In the comparative research of GMPP-NN performance with the other studies, we utilized the ROC-Curve measure as a metric all dataset tasks.

3.3 Comparative analysis of GMPP-NN performance with three studies

We tested our architecture on four different task datasets (HIV, BACE, BBBP, and ClinTox) and evaluated the ROC-Curve score on the test set of each dataset. We compare our results to those of three previous studies.

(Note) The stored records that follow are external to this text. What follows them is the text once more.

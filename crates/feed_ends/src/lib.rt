//! How both sides of a running day end: with the report of a tape, or with a fault and its status. It also has the address at
//! which they meet, and the error of a socket that could not be opened.
#![tactic(auto)]

mod address;
mod cause;
mod fault;
mod place;
mod report;
mod socket_fault;

pub use address::here;
pub use cause::Cause;
pub use fault::Fault;
pub use place::SocketPlace;
pub use report::write_day;
pub use socket_fault::SocketFault;
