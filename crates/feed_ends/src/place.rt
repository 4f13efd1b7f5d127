//! The sockets of a day, by what they are for, and their text.
ghost use Rattle.std.specs.Prelude.{◌≡◌, ◌++◌, OnOk, decimal};
ghost use Rattle.feed_ends.specs.SocketFaults.{place_text};

use std::alloc::AllocError;
use tape_types::Participant;
use whole_io::push_number;

/// A socket of a day, by what it is for.
#[derive(Clone, Copy, Debug, PartialEq, Eq)]
pub enum SocketPlace {
    /// A participant's line.
    Line(Participant),
    /// Line A of a follower.
    A,
    /// Line B of a follower.
    B,
    /// The retransmission.
    Retransmission,
    /// The socket that the packets of both lines are sent from. It takes any free port.
    Sender,
    /// The control socket.
    Control,
}

/// Adds what a port is for, and the port.
fn push_port(text: &mut Vec<u8>, what: &[u8], port: u16) -> Result<(), AllocError>
    ensures { OnOk result (text.new.items ≡ text.old.items ++ (what.now ++ decimal port)) }
{
    text.extend_from_slice(what)?;
    push_number(text, u64::from(port))
}

/// Adds a participant's port, and the participant.
fn push_line(text: &mut Vec<u8>, participant: Participant, port: u16) -> Result<(), AllocError>
    ensures { OnOk result (text.new.items ≡ text.old.items ++ place_text (SocketPlace.Line participant) port) }
{
    push_port(text, b"port ", port)?;
    text.extend_from_slice(b" (")?;
    text.push(participant.value())?;
    text.extend_from_slice(b")")
}

impl SocketPlace {
    /// Adds the place in words, with its port.
    pub(crate) fn push(self, text: &mut Vec<u8>, port: u16) -> Result<(), AllocError>
        ensures { OnOk result (text.new.items ≡ text.old.items ++ place_text self port) }
    {
        match self {
            SocketPlace::Line(participant) => push_line(text, participant, port),
            SocketPlace::A => push_port(text, b"line A ", port),
            SocketPlace::B => push_port(text, b"line B ", port),
            SocketPlace::Retransmission => push_port(text, b"retransmission ", port),
            SocketPlace::Sender => text.extend_from_slice(b"the sender's socket"),
            SocketPlace::Control => push_port(text, b"control ", port),
        }
    }
}
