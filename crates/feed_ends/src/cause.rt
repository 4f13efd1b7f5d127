//! The causes of a socket that is not opened, each with its text.
ghost use Rattle.std.specs.Prelude.{◌≡◌};
ghost use Rattle.feed_ends.specs.SocketFaults.{cause_of, cause_text};

use std::io::ErrorKind;

/// Why a socket is not opened.
#[derive(Clone, Copy, Debug, PartialEq, Eq)]
pub enum Cause {
    /// Another socket has the port.
    AddressInUse,
    /// This machine does not have the address, or no port is free.
    AddressNotAvailable,
    /// The process may not open it.
    PermissionDenied,
    /// Nobody listens there.
    Refused,
    /// The other end reset the connection.
    Reset,
    /// The other end did not answer in time.
    TimedOut,
    /// There is no socket of this name.
    NotFound,
    /// Anything else, for example if the process has as many files as it may.
    Other,
}

impl Cause {
    /// Returns the cause of an error of this kind.
    pub fn of(kind: ErrorKind) -> Cause
        ensures { result ≡ cause_of kind }
    {
        match kind {
            ErrorKind::AddrInUse => Cause::AddressInUse,
            ErrorKind::AddrNotAvailable => Cause::AddressNotAvailable,
            ErrorKind::PermissionDenied => Cause::PermissionDenied,
            ErrorKind::ConnectionRefused => Cause::Refused,
            ErrorKind::ConnectionReset => Cause::Reset,
            ErrorKind::TimedOut => Cause::TimedOut,
            ErrorKind::NotFound => Cause::NotFound,
            _ => Cause::Other,
        }
    }

    /// Returns the cause in words.
    pub fn text(self) -> &'static [u8]
        ensures { result.now ≡ cause_text self }
    {
        match self {
            Cause::AddressInUse => b"address in use",
            Cause::AddressNotAvailable => b"address not available",
            Cause::PermissionDenied => b"permission denied",
            Cause::Refused => b"connection refused",
            Cause::Reset => b"connection reset",
            Cause::TimedOut => b"timed out",
            Cause::NotFound => b"not found",
            Cause::Other => b"not opened",
        }
    }
}
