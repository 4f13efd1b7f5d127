//! The address at which the two sides of a day meet, on this machine alone.
ghost use Rattle.feed_ends.specs.Addresses.{IsHere};

use std::net::{Ipv4Addr, SocketAddr};

/// Returns the address of a port of this machine, on 127.0.0.1, which no other machine reaches.
pub fn here(port: u16) -> SocketAddr
    ensures { IsHere result port }
{
    SocketAddr::from((Ipv4Addr::LOCALHOST, port))
}
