//! The locks of a run, and the guard of a worker's number.
ghost use Rattle.std.specs.Prelude.{◌≡◌, ◌∷◌, [], List, ℕ, Ok, IfOk, IfSome, IfNone, OnOk, OnErr};
ghost use Rattle.amo_system_calls.specs.Calls.{Did, Missed, Open, ReadFile, Look, Lock, Compare, Makes, MakesSome};
ghost use Rattle.amo_system_calls.specs.declared.model.LockMode.TheVariants.{Exclusive};
ghost use Rattle.amo_system_calls.specs.declared.model.Mode.TheVariants.{Read as ToRead};
ghost use Rattle.amo_run_faults.specs.declared.layout.Item.TheVariants.{Id, Forgotten, Journal};
ghost use Rattle.amo_run_faults.specs.Names.{path_in};
ghost use Rattle.amo_run_dir.specs.Modes.{mode_of};
ghost use Rattle.amo_run_dir.specs.Trying.{IfGot, IfHeld, IfMissing};

use crate::files::{opened, opened_to_read, path_of};
use crate::identity::{check_kept, first_checksum};
use crate::logs::log_of;
use amo_fs::FileDevice;
use amo_journal::{DeviceError, RecoverError};
use amo_run_faults::{Fault, Item, Later, Setting, had, written};
use amo_run_files::RoundFile;
use amo_run_journals::OpenJournal;
use amo_system_calls::{LockMode, SystemCalls};
use std::fs::File;

/// Takes a lock on a file of the run, by a new handle. Returns `None` if another process has a lock
/// that excludes it. It doesn't wait. The file must still have its name once it is locked.
///
/// # Errors
/// The fault of a file that can't be opened or locked. `Later` if it was removed or replaced.
pub fn lock_of<S: SystemCalls>(
    system: &mut S,
    setting: &Setting<'_>,
    item: Item,
    mode: LockMode,
) -> Result<Option<S::Handle>, Fault>
    ensures got { let path = path_in setting.now.run.now item in IfOk result (λ it. IfSome it (λ file. Makes (S.has_made system.old) (S.has_made system.new) (Did (Open path (mode_of item)) ∷ Did (Lock path mode) ∷ Did (Compare path path) ∷ []))) }
    ensures path { IfOk result (λ it. IfSome it (λ file. S.opened_by file (path_in setting.now.run.now item))) }
    ensures held { let path = path_in setting.now.run.now item in IfOk result (λ it. IfNone it (Makes (S.has_made system.old) (S.has_made system.new) (Did (Open path (mode_of item)) ∷ Missed (Lock path mode) ∷ []))) }
    ensures fails { let path = path_in setting.now.run.now item in OnErr result (MakesSome (S.has_made system.old) (S.has_made system.new) (Open path (mode_of item) ∷ Lock path mode ∷ Compare path path ∷ [])) }
{
    let file = opened(system, setting, item)?;
    if !written(item, system.try_lock(&file, mode))? {
        return Ok(None);
    }
    check_name(system, setting, item, &file)?;
    Ok(Some(file))
}

/// Checks that the file of a handle still has this name.
///
/// # Errors
/// `Later` if the file was removed or replaced.
fn check_name<S: SystemCalls>(
    system: &mut S,
    setting: &Setting<'_>,
    item: Item,
    file: &S::Handle,
) -> Result<(), Fault>
    ensures done { OnOk result ((path : List ℕ) → S.opened_by file.now path → Makes (S.has_made system.old) (S.has_made system.new) (Did (Compare path (path_in setting.now.run.now item)) ∷ [])) }
    ensures fails { OnErr result ((path : List ℕ) → S.opened_by file.now path → MakesSome (S.has_made system.old) (S.has_made system.new) (Compare path (path_in setting.now.run.now item) ∷ [])) }
{
    let path = path_of(system.alloc(), setting, item)?;
    if had(item, system.is_at(file, path.as_str()))? {
        Ok(())
    } else {
        Err(Fault::Later(Later::Replaced))
    }
}

/// Recovers the journal of a handle that has its lock, and returns the records of its appends. The
/// journal is first compared with what the file of the last round counts of it, so that nothing is
/// cut from one that has lost appends. `last` is that file, which the caller has read before.
///
/// # Errors
/// As [`log_of`]; then nothing was written.
pub fn recovered<S: SystemCalls<Handle = File>>(
    system: &mut S,
    setting: &Setting<'_>,
    item: Item,
    last: Option<&RoundFile>,
    lock: &File,
) -> Result<(OpenJournal<FileDevice>, Vec<Vec<u8>>), Fault> {
    log_of(system, setting, item, last)?;
    let handle = written(item, system.copy(lock))?;
    let device = had(item, FileDevice::open(system.alloc(), handle))?;
    let first = first_checksum(system, setting, item)?;
    match OpenJournal::recover(system.alloc(), device, first) {
        Ok(both) => Ok(both),
        Err(RecoverError::Damaged { number, kind }) => Err(Fault::Damaged(item, number, kind)),
        Err(RecoverError::Device(DeviceError::Memory)) => Err(Fault::Memory),
        Err(RecoverError::Device(DeviceError::Failed)) => Err(Fault::Journal(item)),
    }
}

/// Checks that this process still has the number of a worker. The folder must still be the run's,
/// and the worker's journal the file of `guard`, the handle that has its lock.
///
/// # Errors
/// As [`check_kept`], and `Later` if the journal was removed or replaced.
pub fn check_number<S: SystemCalls>(
    system: &mut S,
    setting: &Setting<'_>,
    worker: u64,
    guard: &S::Handle,
) -> Result<(), Fault>
    ensures done { OnOk result ((path : List ℕ) → S.opened_by guard.now path → Makes (S.has_made system.old) (S.has_made system.new) (Did (ReadFile (path_in setting.now.run.now Id)) ∷ Missed (Look (path_in setting.now.run.now Forgotten)) ∷ Did (Compare path (path_in setting.now.run.now (Journal worker))) ∷ [])) }
{
    check_kept(system, setting)?;
    check_name(system, setting, Item::Journal(worker), guard)
}

/// The result of a try to lock a file that may be missing.
#[derive(Drop)]
pub enum Tried<H> {
    /// It is locked by this handle.
    Got(H),
    /// Another process has the lock.
    Held,
    /// The file is missing.
    Missing,
}

/// Tries once to take the exclusive lock on a file of the run, by a handle that only reads. Makes
/// nothing.
///
/// # Errors
/// `Read` if it can't be opened, `Write` if it can't be locked, and `Memory`.
pub fn try_lock_of<S: SystemCalls>(
    system: &mut S,
    setting: &Setting<'_>,
    item: Item,
) -> Result<Tried<S::Handle>, Fault>
    ensures got { let path = path_in setting.now.run.now item in IfOk result (λ it. IfGot it (λ file. Makes (S.has_made system.old) (S.has_made system.new) (Did (Open path ToRead) ∷ Did (Lock path Exclusive) ∷ []))) }
    ensures path { IfOk result (λ it. IfGot it (λ file. S.opened_by file (path_in setting.now.run.now item))) }
    ensures held { let path = path_in setting.now.run.now item in IfOk result (λ it. IfHeld it (Makes (S.has_made system.old) (S.has_made system.new) (Did (Open path ToRead) ∷ Missed (Lock path Exclusive) ∷ []))) }
    ensures missing { let path = path_in setting.now.run.now item in IfOk result (λ it. IfMissing it (Makes (S.has_made system.old) (S.has_made system.new) (Missed (Open path ToRead) ∷ []))) }
    ensures fails { let path = path_in setting.now.run.now item in OnErr result (MakesSome (S.has_made system.old) (S.has_made system.new) (Open path ToRead ∷ Lock path Exclusive ∷ [])) }
{
    let Some(file) = opened_to_read(system, setting, item)? else {
        return Ok(Tried::Missing);
    };
    if written(item, system.try_lock(&file, LockMode::Exclusive))? {
        Ok(Tried::Got(file))
    } else {
        Ok(Tried::Held)
    }
}
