//! The explorer: texts on numbered schedules.
ghost use Rattle.std.specs.Prelude.{◌≡◌, ◌≤◌, ◌++◌, ℕ, OnOk, IfOk, string_bytes};
ghost use Rattle.amo_kk.specs.World.{world_after_moves};
ghost use Rattle.amo_world.specs.declared.answer.Verdict.TheVariants.{Lawful};
ghost use Rattle.amo_plan.specs.PlanSeen.{plan_seen};
ghost use Rattle.amo_plan.specs.declared.limits.TheConstants.{MOST_FIRST, MOST_COUNT, MOST_TURNS};
ghost use Rattle.amo_report.specs.Explorer.{schedule, explored_world, explored_verdict, explored_dones, schedule_line, explored_line, explore_of};

use crate::laws::histories_are_lawful;
use crate::running::run_rounds;
use crate::summary::{lesser, push_counts, push_least, push_verdict};
use amo_kk::Event;
use amo_plan::Plan;
use amo_render::{count_ends, count_performances};
use amo_world::{Verdict, World, judge};
use std::alloc::{AllocError, Global};

/// Runs the turns of a numbered schedule of this length.
fn run_schedule(world: &mut World, number: u64, length: u32)
    ensures { world.new ≡ record { givens = world.old.givens; world = world_after_moves world.old.givens world.old.world (schedule world.old.givens.workers number length) } }
{
    let workers = world.givens().workers;
    let mut digits = number;
    for _turn in 0..length {
        let digit = (digits % workers as u64) as u32;
        let _turned = world.turn(digit + 1);
        digits /= workers as u64;
    }
}

/// Returns the world after a numbered schedule and the passes of the plan. Fails if there was no
/// memory.
fn run_explored(alloc: Global, plan: &Plan, number: u64, length: u32) -> Result<World, AllocError>
    ensures { IfOk result (λ w. w ≡ record { givens = (plan_seen plan.now).givens; world = explored_world (plan_seen plan.now) length number }) }
{
    let mut world = World::new(alloc, plan.heads.givens)?;
    run_schedule(&mut world, number, length);
    run_rounds(&mut world, plan.heads.rounds);
    Ok(world)
}

/// Appends the line of a schedule with this history and verdict.
#[tactic(auto, unfolding(crate::specs::Explorer::schedule_line))]
fn push_schedule(
    out: &mut String,
    number: u64,
    history: &[Event],
    verdict: Verdict,
) -> Result<(), AllocError>
    ensures { OnOk result (string_bytes out.new ≡ string_bytes out.old ++ schedule_line number history.now verdict) }
{
    let ends = count_ends(history);
    write!(out, "schedule {number}")?;
    push_counts(out, history)?;
    write!(out, " ended {ends}")?;
    push_verdict(out, verdict)?;
    writeln!(out)
}

/// Appends the line of a numbered schedule, which is run in a world of its own, and returns how
/// many jobs are done in it.
fn push_explored(
    alloc: Global,
    out: &mut String,
    plan: &Plan,
    number: u64,
    length: u32,
) -> Result<usize, AllocError>
    ensures line { OnOk result (string_bytes out.new ≡ string_bytes out.old ++ explored_line (plan_seen plan.now) length number) }
    ensures dones { IfOk result (λ dones. dones ≡ explored_dones (plan_seen plan.now) length number) }
{
    let world = run_explored(alloc, plan, number, length)?;
    let history = world.history();
    let verdict = judge(alloc, plan.heads.givens, history)?;
    push_schedule(out, number, history, verdict)?;
    Ok(count_performances(history))
}

/// Returns the text of the explorer: a line for each of `count` schedules of `length` turns, from
/// number `from` on. A last line has the least number of done jobs. Each schedule runs in a fresh
/// world, followed by the plan's passes. The plan's own schedule isn't used. A line has how much
/// was claimed and done, how many workers ended, and the judge's verdict, which is always `lawful`.
/// Turn i of schedule s, counted from 0, is of worker `s / workers ^ i % workers + 1`. The numbers
/// must be within `MOST_FIRST`, 1 to `MOST_COUNT`, and `MOST_TURNS`.
///
/// # Errors
///
/// `AllocError` if memory is refused.
#[tactic(auto, using(amo_render::proofs::Least::pieces_more, amo_render::proofs::Least::least_more))]
pub fn explore(
    alloc: Global,
    plan: &Plan,
    from: u64,
    count: u32,
    length: u32,
) -> Result<String, AllocError>
    requires from { from ≤ MOST_FIRST }
    requires some { 1 ≤ count }
    requires few { count ≤ MOST_COUNT }
    requires short { length ≤ MOST_TURNS }
    ensures text { IfOk result (λ s. string_bytes s ≡ explore_of (plan_seen plan.now) from count length) }
    ensures lawful { (s : ℕ) → explored_verdict (plan_seen plan.now) length s ≡ Lawful }
{
    histories_are_lawful();
    let mut out = String::new(alloc);
    let mut least = None;
    for before in 0..count {
        let dones = push_explored(alloc, &mut out, plan, from + before as u64, length)?;
        least = Some(lesser(dones, least));
    }
    push_least(&mut out, least)?;
    Ok(out)
}
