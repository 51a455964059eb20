//! The texts of the commands `amo replay`, `check`, `explore` and `stops`, as functions of a plan.
//!
//! Start at [`replay`], which leads from the bytes of a plan to those of its report, over any
//! source and sink of `amo_io`. The other functions return one text each.
//!
//! | here | in the glossary |
//! |---|---|
//! | p | a worker |
#![tactic(auto)]

mod checking;
mod explorer;
pub mod laws;
mod replaying;
mod report;
mod running;
mod stops;
mod summary;
mod wanted;

pub use amo_io::{Bytes, Failed, ReadFault, Room, Sink, Source, Streamed, write_all};
pub use amo_plan::{MOST_COUNT, MOST_FIRST, MOST_TURNS};
pub use amo_render::{MOST_READ, ReplayFault, fault_text, read_all};
pub use checking::check_text;
pub use explorer::explore;
pub use replaying::replay;
pub use report::report_text;
pub use running::all_turns;
pub use stops::{MOST_STOPS, stops_text};
pub use wanted::Wanted;
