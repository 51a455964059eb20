//! Tests with values that were worked out by hand. They stand here, since no crate can stand on a
//! static library. With 3 jobs and 2 workers the announcements are words 1 and 2, the counts of
//! claims 3 and 4, the rows 5 to 8 and 9 to 12.
use crate::exports::{
    amo_announcement_word, amo_batch, amo_bound, amo_claims_word, amo_entry_word, amo_leave,
    amo_next, amo_words,
};
use crate::item::AmoItem;
use crate::told::{AmoGivens, AmoNext};
use std::alloc::Global;
use std::process::Abort;
use std::test::Fail;

const SMALL: AmoGivens = AmoGivens {
    jobs: 3,
    workers: 2,
    beta: 2,
};

fn givens_of(jobs: u64, workers: u64, beta: u64) -> AmoGivens {
    AmoGivens {
        jobs,
        workers,
        beta,
    }
}

/// The values of a reply that wasn't written.
const UNTOLD: [u64; 8] = [9; 8];

const UNTOLD_ITEM: AmoItem = AmoItem {
    access: 9,
    word: 9,
    value: 9,
};

fn untold() -> AmoNext {
    AmoNext {
        access: 9,
        phase: 9,
        word: 9,
        value: 9,
        perform: 9,
        doubt: 9,
        claims: 9,
        dones: 9,
    }
}

fn fields(next: AmoNext) -> [u64; 8] {
    [
        next.access as u64,
        next.phase as u64,
        next.word,
        next.value,
        next.perform as u64,
        next.doubt as u64,
        next.claims,
        next.dones,
    ]
}

/// Calls `amo_next`, and returns its code and its reply.
fn next(alloc: Global, givens: AmoGivens, p: u64, heard: &[u64]) -> (u32, [u64; 8]) {
    let mut next = untold();
    let code = amo_next(alloc, &givens, p, heard, &mut next);
    (code, fields(next))
}

/// Calls `amo_leave`, and returns its code and its reply.
fn leave(alloc: Global, givens: AmoGivens, p: u64, heard: &[u64]) -> (u32, [u64; 8]) {
    let mut next = untold();
    let code = amo_leave(alloc, &givens, p, heard, &mut next);
    (code, fields(next))
}

/// Calls `amo_batch` with these places for items, and returns its code, the count and its reply.
fn batch_into(
    alloc: Global,
    givens: AmoGivens,
    p: u64,
    heard: &[u64],
    places: &mut [AmoItem],
) -> (u32, u64, AmoNext) {
    let (mut count, mut next) = (99, untold());
    let code = amo_batch(alloc, &givens, p, heard, places, &mut count, &mut next);
    (code, count, next)
}

/// Asserts that `amo_batch` writes these items, as many as there are places, and returns its reply.
fn batch(
    rt: &impl Abort,
    alloc: Global,
    givens: AmoGivens,
    p: u64,
    heard: &[u64],
    items: &[(u64, u64, u64)],
) -> [u64; 8] {
    let mut places = [UNTOLD_ITEM; 33];
    let (code, count, next) = batch_into(alloc, givens, p, heard, &mut places);
    assert!(rt; code == 0 && count == items.len() as u64);
    for (k, (place, item)) in places.iter().zip(items).enumerate() {
        assert!(rt;
            (place.access, place.word, place.value) == *item,
            "item {k}"
        );
    }
    fields(next)
}

#[test]
fn a_process_is_told_what_was_worked_out(rt: HostRuntime) {
    let rows: [(u64, &[u64], [u64; 8]); 12] = [
        (2, &[], [1, 0, 2, 0, 0, 0, 0, 0]),
        (2, &[3], [1, 0, 4, 0, 0, 0, 0, 0]),
        (2, &[3, 2], [1, 0, 9, 0, 0, 0, 0, 0]),
        (2, &[3, 2, 2], [1, 0, 10, 0, 0, 0, 0, 0]),
        (2, &[3, 2, 2, 0], [2, 5, 10, 3, 0, 3, 2, 1]),
        (1, &[0; 3], [2, 1, 1, 1, 0, 0, 0, 0]),
        (1, &[0; 4], [1, 2, 2, 0, 0, 0, 0, 0]),
        (1, &[0; 5], [1, 3, 9, 0, 0, 0, 0, 0]),
        (1, &[0; 6], [2, 4, 3, 1, 0, 0, 0, 0]),
        (1, &[0; 7], [2, 5, 5, 1, 1, 0, 1, 0]),
        (1, &[0; 8], [2, 1, 1, 2, 0, 0, 1, 1]),
        (1, &[2, 2, 1, 2, 0], [0, 6, 0, 0, 0, 0, 2, 2]),
    ];
    for (p, heard, told) in rows {
        let answer = next(rt.alloc(), SMALL, p, heard);
        assert!(&rt; answer == (0, told), "{p} {heard:?}");
    }
}

#[test]
fn a_worker_leaves_where_it_may(rt: HostRuntime) {
    let rows: [(&[u64], u32, [u64; 8]); 5] = [
        (&[0; 2], 9, UNTOLD),
        (&[0; 4], 0, [2, 7, 1, 0, 0, 0, 0, 0]),
        (&[0; 7], 9, UNTOLD),
        (&[0; 8], 0, [2, 7, 1, 0, 0, 0, 1, 1]),
        (&[2, 2, 1, 2, 0], 9, UNTOLD),
    ];
    for (heard, code, told) in rows {
        let answer = leave(rt.alloc(), SMALL, 1, heard);
        assert!(&rt; answer == (code, told), "{heard:?}");
    }
}

#[test]
fn what_is_wrong_has_its_code(rt: HostRuntime) {
    let rows: [(u64, u64, u64, u64, &[u64], u32); 11] = [
        (4097, 1, 1, 1, &[], 1),
        (3, 0, 2, 1, &[], 2),
        (3, 17, 17, 1, &[], 3),
        (3, 2, 1, 1, &[], 4),
        (3, 2, 65536, 1, &[], 5),
        (3, 2, 2, 0, &[], 6),
        (3, 2, 2, 3, &[], 6),
        (3, 2, 2, 2, &[2, 2, 2, 0], 7),
        (3, 2, 2, 2, &[0, 2, 2, 0], 7),
        (3, 2, 2, 2, &[0, 0, 2, 0], 7),
        (3, 2, 2, 2, &[0, 1, 4, 0], 7),
    ];
    for (jobs, workers, beta, p, heard, code) in rows {
        let givens = givens_of(jobs, workers, beta);
        let mut places = [UNTOLD_ITEM; 2];
        let (batch_code, count, told) = batch_into(rt.alloc(), givens, p, heard, &mut places);
        assert!(&rt;
            next(rt.alloc(), givens, p, heard) == (code, UNTOLD),
            "{code}"
        );
        assert!(&rt;
            leave(rt.alloc(), givens, p, heard) == (code, UNTOLD),
            "{code}"
        );
        assert!(&rt;
            batch_code == code && count == 99 && places[0].access == 9,
            "{code}"
        );
        assert!(&rt; fields(told) == UNTOLD, "{code}");
    }
}

#[test]
fn words_have_their_places(rt: HostRuntime) {
    let none = givens_of(3, 2, 1);
    assert!(&rt; amo_words(&SMALL) == 13 && amo_words(&none) == 0);
    assert!(&rt; amo_bound(&SMALL) == 1 && amo_bound(&none) == 0);
    let rows = [(0, 0, 0), (1, 1, 3), (2, 2, 4), (3, 0, 0)];
    for (p, announcement, claims) in rows {
        assert!(&rt; amo_announcement_word(&SMALL, p) == announcement, "{p}");
        assert!(&rt; amo_claims_word(&SMALL, p) == claims, "{p}");
    }
    let entries = [
        (1, 0, 0),
        (1, 1, 5),
        (2, 1, 9),
        (2, 4, 12),
        (2, 5, 0),
        (3, 1, 0),
    ];
    for (p, k, place) in entries {
        assert!(&rt; amo_entry_word(&SMALL, p, k) == place, "{p} {k}");
    }
}

#[test]
fn a_batch_is_a_whole_pass(rt: HostRuntime) {
    let rows: [(u64, &[u64], &[(u64, u64, u64)]); 9] = [
        (1, &[], &[(1, 1, 0), (1, 3, 0), (3, 5, 8)]),
        (1, &[0], &[(1, 3, 0), (3, 5, 8)]),
        (2, &[0, 2, 3], &[(3, 10, 12)]),
        (1, &[0; 3], &[(2, 1, 1), (1, 2, 0), (3, 9, 12)]),
        (1, &[0, 0, 0, 0, 3, 3], &[(3, 10, 12)]),
        (1, &[0; 6], &[(2, 3, 1)]),
        (1, &[0; 7], &[(2, 5, 1), (2, 1, 2), (1, 2, 0), (3, 9, 12)]),
        (2, &[3, 2, 2, 0], &[(2, 10, 3)]),
        (1, &[2, 2, 1, 2, 0], &[]),
    ];
    for (p, heard, items) in rows {
        let told = batch(&rt, rt.alloc(), SMALL, p, heard, items);
        assert!(&rt;
            next(rt.alloc(), SMALL, p, heard) == (0, told),
            "{p} {heard:?}"
        );
    }
}

#[test]
fn a_batch_is_cut_where_there_is_no_room(rt: HostRuntime) {
    let mut places = [UNTOLD_ITEM; 3];
    let (code, count, _) = batch_into(rt.alloc(), SMALL, 1, &[0; 3], &mut places[..2]);
    assert!(&rt; code == 0 && count == 2 && places[1].access == 1 && places[2].access == 9);
}

#[test]
fn the_longest_lists_are_taken(rt: HostRuntime) -> Result<(), Fail> {
    // worker 16 has filed 4095, 4094, .. 1, and has claimed 4096
    let crowd = givens_of(4096, 16, 65535);
    let mut heard = Vec::from_slice(rt.alloc(), &[4096, 4096])?;
    for entry in (0..4096).rev() {
        heard.push(entry)?;
    }
    let told = batch(&rt, rt.alloc(), crowd, 16, &heard, &[(2, 65583, 4096)]);
    assert!(&rt; told == [2, 5, 65583, 4096, 0, 4096, 4096, 4095]);
    assert!(&rt; next(rt.alloc(), crowd, 16, &heard) == (0, told));
    assert!(&rt; leave(rt.alloc(), crowd, 16, &heard) == (9, UNTOLD));
    // a worker alone, which stores three times for each job
    let alone = givens_of(4096, 1, 1);
    let zeros = Vec::from_elem(rt.alloc(), 0, 3 + 3 * 4096)?;
    assert!(&rt; next(rt.alloc(), alone, 1, &zeros) == (0, [0, 6, 0, 0, 0, 0, 4096, 4096]));
    Ok(())
}

#[test]
fn a_batch_of_16_workers_is_whole(rt: HostRuntime) {
    let crowd = givens_of(4096, 16, 16);
    // worker 16 has loaded its own words, and then announced, passed 15 announcements and 15 rows,
    // and claimed job 15 * 4081 / 16 + 1; next is job 15 * 4080 / 16 + 1 of those that are left
    let mut places = [UNTOLD_ITEM; 33];
    let (code, count, told) = batch_into(rt.alloc(), crowd, 16, &[0; 35], &mut places);
    assert!(&rt; code == 0 && count == 32 && told.perform == 3826);
    let items = [
        (places[0], 2, 61488, 3826),
        (places[1], 2, 16, 3827),
        (places[2], 1, 1, 0),
        (places[31], 3, 57391, 61487),
    ];
    for (place, access, word, value) in items {
        assert!(&rt;
            (place.access, place.word, place.value) == (access, word, value),
            "{word}"
        );
    }
}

Table 4 The performances over all datasets

The performance comparison of the GMPP-NN model study with the other studies: SMILES transformer (ST), FP2VEC (fingerprint to vector), Deeper graph neural network (Deeper-GCN), Geometry-enhanced molecular (GEM) and atom-bond transformer-based message-passing neural network (ABT-MPNN) using the ROC-curve metric is presented in Table 4. The findings showed that on three of the four datasets, GMPP-NN produced the highest ROC-Curve values. In the HIV dataset, GMPP-NN achieved an ROC-curve of 0.8677, while ST, FP2VEC, Deeper-GCN, ABT-MPNN and GEM achieved ROC-curve values of 0.683, 0.785, 0.789, 0.809 and 0.769 respectively. In the BACE dataset, GMPP-NN obtained an ROC curve of 0.8608, whereas ST, FP2VEC, and GEM achieved ROC curve values of 0.719, 0.883, and 0.856, respectively. In the BBBP dataset, GMPP-NN achieved an ROC-curve of 0.9186, whereas ST, FP2VEC, and GEM obtained ROC-curve values of 0.900, 0.911, and 0.724, respectively. Lastly, in the ClinTox dataset, GMPP-NN achieved the highest ROC-Curve of 0.9795, while ST, FP2VEC, Deeper-GCN, ABT-MPNN and GEM achieved ROC-Curve values of 0.963, 0.803, 0.870, 0.904 and 0.825 respectively. These findings suggest that GMPP-NN Based on the MPNN model and molecular graph as featurization method is a promising architecture for molecular property prediction, as it achieved the highest performance on the majority of the datasets evaluated. However, the choice of the featurization method and embedding model can considerably influence the architecture’s performance. Different featurization techniques and models can have varying impacts on predicting the desired outcomes, requiring careful evaluation.

4 Conclusion

We created and applied an architecture, GMPP-NN (graph molecular property prediction), to the chemical drug classification tasks that showed outstanding performances in the majority of the cases. As far as we are concerned, the work demonstrates how the MPNN-based model of the architecture can extract a variety of chemical properties from molecular graphs. The performance of our model was top-notch. We executed multiple tests on four binary classification benchmark datasets that were labeled with physiological and biophysical features. In detail, we use a molecular graph constructed from the SMILES dataset used as input to the MPNN model to obtain the graph embedding and a MLP classifier (multilayer perceptron classifier) model for the binary classification. We evaluate our study on two metrics, ROC AUC and PRC AUC, and finally compare the GMPP-NN to the other model using the ROC AUC metric. We have found that our architecture performs better than the SMILES transformer (ST), FP2VEC (fingerprint to vector), Deeper graph neural network (Deeper-GCN), Geometry-enhanced molecular (GEM) and atom-bond transformer-based message-passing neural network (ABT-MPNN). We anticipate that our findings will serve as a new reference for molecular property prediction in drug discovery process, specifically in the classification task. and our model help avoid investing resources in molecules with unfavorable properties, reducing the number of experimental failures, and contribute to better understanding and profiling of drug safety, hel** to identify potential risks early in the discovery and development process.